TASK TO CARRY OUT: Below are entries to examine: work out how many lines contain the word "else", and give only that number.

EXCERPTED RECORDS:
+++

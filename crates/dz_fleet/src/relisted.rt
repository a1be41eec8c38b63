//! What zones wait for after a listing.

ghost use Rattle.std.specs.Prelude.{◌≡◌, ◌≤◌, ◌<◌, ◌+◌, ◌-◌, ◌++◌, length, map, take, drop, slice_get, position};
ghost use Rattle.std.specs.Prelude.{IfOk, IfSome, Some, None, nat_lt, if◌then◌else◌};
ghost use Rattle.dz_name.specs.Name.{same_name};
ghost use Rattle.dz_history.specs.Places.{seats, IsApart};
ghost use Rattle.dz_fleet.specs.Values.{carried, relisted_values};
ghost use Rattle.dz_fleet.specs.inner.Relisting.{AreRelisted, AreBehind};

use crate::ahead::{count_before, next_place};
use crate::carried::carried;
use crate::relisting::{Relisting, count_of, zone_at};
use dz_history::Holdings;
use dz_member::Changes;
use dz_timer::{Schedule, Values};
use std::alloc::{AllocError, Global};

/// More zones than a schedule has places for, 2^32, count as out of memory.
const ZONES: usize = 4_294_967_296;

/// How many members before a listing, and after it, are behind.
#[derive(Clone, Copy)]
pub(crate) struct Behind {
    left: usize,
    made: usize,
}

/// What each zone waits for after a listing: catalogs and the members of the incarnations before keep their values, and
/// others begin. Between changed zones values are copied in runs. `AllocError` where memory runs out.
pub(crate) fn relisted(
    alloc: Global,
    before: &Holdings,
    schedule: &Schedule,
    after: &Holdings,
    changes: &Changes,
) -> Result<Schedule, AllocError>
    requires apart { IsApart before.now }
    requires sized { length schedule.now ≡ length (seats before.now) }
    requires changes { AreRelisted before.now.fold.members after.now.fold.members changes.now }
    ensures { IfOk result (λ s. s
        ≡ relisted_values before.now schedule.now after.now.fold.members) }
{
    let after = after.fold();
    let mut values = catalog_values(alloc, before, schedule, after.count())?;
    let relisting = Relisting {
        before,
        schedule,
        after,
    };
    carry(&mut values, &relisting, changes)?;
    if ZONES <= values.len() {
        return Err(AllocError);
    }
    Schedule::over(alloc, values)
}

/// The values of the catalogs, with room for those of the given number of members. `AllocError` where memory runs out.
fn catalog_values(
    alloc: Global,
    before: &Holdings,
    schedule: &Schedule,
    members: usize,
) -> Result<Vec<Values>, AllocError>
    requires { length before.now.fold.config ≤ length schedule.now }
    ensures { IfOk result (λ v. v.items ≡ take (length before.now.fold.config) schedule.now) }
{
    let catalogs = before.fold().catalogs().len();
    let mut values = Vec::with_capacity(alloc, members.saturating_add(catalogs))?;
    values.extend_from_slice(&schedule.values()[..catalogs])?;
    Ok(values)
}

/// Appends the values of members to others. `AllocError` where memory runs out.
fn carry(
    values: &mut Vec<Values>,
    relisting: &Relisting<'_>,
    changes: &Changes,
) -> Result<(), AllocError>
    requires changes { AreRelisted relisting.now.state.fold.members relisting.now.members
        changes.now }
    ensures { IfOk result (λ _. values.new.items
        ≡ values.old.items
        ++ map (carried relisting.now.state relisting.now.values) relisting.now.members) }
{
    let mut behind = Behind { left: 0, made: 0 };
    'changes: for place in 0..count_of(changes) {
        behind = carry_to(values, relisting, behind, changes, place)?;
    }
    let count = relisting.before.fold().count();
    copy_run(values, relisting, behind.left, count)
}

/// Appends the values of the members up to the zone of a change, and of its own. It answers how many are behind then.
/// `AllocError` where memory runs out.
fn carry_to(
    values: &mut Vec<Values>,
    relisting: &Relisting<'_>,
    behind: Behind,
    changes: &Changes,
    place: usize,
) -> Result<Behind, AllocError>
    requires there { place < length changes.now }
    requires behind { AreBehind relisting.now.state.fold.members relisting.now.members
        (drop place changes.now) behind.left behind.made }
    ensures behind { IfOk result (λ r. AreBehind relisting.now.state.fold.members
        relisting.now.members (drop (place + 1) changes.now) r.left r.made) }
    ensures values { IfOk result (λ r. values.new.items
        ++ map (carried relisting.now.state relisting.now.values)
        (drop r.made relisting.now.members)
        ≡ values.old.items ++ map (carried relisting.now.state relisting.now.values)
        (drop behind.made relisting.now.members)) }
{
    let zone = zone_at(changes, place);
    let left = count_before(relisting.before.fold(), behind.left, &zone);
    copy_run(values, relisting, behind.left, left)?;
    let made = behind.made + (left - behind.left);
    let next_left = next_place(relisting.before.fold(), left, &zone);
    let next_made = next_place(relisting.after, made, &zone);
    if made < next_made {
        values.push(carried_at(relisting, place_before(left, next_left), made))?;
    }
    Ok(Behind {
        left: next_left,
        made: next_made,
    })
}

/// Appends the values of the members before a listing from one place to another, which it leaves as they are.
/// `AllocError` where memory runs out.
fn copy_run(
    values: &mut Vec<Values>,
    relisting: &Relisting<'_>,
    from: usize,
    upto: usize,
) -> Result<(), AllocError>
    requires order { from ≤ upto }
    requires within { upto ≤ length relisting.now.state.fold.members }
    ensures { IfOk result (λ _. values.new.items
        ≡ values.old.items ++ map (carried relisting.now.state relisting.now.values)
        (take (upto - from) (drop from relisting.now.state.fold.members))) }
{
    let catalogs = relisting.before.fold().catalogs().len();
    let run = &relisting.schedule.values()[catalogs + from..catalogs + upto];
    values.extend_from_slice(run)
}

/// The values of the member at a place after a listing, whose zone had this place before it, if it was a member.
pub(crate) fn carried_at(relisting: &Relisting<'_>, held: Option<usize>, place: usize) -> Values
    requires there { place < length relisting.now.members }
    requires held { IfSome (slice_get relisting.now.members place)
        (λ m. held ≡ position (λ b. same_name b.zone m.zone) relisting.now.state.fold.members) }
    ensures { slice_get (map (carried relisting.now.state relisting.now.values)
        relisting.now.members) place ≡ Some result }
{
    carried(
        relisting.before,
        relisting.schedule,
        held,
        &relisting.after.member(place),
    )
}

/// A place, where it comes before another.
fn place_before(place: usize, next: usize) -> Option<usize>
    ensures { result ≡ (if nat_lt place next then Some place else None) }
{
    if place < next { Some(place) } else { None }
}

+++

ANSWER SECTION: 3